▸ **Work instructions**: Look for the word "rest" in the entries and copy every line where it shows up.

▸ **Material for this task**:
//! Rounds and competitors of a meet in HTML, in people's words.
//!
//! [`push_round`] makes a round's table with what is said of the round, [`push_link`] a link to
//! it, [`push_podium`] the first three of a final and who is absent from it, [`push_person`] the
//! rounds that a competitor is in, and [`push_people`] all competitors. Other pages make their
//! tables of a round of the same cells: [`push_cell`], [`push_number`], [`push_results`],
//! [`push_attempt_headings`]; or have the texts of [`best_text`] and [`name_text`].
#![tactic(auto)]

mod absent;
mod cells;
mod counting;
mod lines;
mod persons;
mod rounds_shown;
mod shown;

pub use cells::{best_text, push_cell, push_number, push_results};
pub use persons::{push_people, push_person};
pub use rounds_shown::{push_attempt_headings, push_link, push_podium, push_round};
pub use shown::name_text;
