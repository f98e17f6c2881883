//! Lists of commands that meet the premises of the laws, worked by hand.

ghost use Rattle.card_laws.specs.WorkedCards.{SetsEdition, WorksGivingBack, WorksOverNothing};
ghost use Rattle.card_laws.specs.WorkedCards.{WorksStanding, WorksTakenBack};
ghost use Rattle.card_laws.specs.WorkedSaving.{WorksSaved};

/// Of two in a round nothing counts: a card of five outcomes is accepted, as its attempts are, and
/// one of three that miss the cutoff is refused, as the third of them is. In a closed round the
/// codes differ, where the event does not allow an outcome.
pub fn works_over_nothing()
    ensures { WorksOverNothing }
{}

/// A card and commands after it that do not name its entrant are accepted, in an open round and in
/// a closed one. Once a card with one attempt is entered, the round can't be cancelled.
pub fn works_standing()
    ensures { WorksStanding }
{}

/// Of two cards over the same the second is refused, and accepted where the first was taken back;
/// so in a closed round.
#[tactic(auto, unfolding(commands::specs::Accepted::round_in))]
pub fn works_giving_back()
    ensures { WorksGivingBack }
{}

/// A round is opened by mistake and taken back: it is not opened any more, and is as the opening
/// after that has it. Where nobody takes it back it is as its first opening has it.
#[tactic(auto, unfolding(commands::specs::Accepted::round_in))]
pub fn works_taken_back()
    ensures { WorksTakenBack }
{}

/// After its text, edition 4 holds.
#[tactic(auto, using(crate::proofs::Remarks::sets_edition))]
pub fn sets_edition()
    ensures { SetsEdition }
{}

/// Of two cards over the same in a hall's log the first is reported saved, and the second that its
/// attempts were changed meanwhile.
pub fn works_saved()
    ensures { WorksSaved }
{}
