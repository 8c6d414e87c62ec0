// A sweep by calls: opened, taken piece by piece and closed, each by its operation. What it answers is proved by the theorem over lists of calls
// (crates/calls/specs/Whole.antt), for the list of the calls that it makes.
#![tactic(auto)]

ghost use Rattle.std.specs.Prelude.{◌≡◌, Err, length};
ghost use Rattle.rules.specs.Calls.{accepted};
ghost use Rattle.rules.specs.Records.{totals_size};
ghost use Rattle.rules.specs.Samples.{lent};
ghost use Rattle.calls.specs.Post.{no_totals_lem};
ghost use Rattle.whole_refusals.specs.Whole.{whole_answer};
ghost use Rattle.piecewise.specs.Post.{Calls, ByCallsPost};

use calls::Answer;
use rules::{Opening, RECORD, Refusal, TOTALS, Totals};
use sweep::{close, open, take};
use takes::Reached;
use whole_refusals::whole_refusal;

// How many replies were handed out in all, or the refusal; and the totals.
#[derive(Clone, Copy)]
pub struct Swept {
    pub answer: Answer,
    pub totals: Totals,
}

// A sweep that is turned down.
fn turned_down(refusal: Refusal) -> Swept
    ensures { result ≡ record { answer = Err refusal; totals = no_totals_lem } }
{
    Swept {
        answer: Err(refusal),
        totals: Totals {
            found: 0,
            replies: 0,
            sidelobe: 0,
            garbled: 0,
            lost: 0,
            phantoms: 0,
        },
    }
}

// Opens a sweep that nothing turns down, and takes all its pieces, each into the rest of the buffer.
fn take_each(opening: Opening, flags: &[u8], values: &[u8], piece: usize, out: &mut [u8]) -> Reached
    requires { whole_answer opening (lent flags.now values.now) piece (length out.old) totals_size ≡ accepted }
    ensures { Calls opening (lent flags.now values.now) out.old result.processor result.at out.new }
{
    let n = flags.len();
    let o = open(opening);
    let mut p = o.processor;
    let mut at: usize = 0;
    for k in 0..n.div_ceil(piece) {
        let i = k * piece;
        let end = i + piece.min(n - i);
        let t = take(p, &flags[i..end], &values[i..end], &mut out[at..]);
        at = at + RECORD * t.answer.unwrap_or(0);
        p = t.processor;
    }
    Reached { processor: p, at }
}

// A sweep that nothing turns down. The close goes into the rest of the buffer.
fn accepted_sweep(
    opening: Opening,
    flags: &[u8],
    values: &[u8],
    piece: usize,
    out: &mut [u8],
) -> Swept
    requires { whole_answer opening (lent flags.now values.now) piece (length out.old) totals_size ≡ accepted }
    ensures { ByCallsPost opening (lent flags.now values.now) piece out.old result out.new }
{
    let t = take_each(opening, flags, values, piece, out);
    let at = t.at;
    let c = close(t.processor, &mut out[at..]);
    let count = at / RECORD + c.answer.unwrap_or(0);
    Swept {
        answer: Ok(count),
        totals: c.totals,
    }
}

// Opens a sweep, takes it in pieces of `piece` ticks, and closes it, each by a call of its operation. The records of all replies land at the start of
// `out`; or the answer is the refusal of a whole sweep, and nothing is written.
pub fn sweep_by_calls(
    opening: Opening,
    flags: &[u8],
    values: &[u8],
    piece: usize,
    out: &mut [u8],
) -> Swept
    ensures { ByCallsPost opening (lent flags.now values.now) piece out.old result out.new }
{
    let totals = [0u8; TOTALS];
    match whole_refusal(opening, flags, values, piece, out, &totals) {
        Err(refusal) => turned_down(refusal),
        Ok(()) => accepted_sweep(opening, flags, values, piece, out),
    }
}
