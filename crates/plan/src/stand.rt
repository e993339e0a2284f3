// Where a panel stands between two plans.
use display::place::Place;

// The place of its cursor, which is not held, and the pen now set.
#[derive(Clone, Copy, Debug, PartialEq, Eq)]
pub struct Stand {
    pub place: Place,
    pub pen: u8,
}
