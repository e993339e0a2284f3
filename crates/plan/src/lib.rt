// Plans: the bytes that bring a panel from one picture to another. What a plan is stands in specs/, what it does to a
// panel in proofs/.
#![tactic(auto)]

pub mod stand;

▸ **Answer space**:
// Opens a sweep that nothing turns down, and takes all its pieces, each into the rest of the buffer.
// A sweep that nothing turns down. The close goes into the rest of the buffer.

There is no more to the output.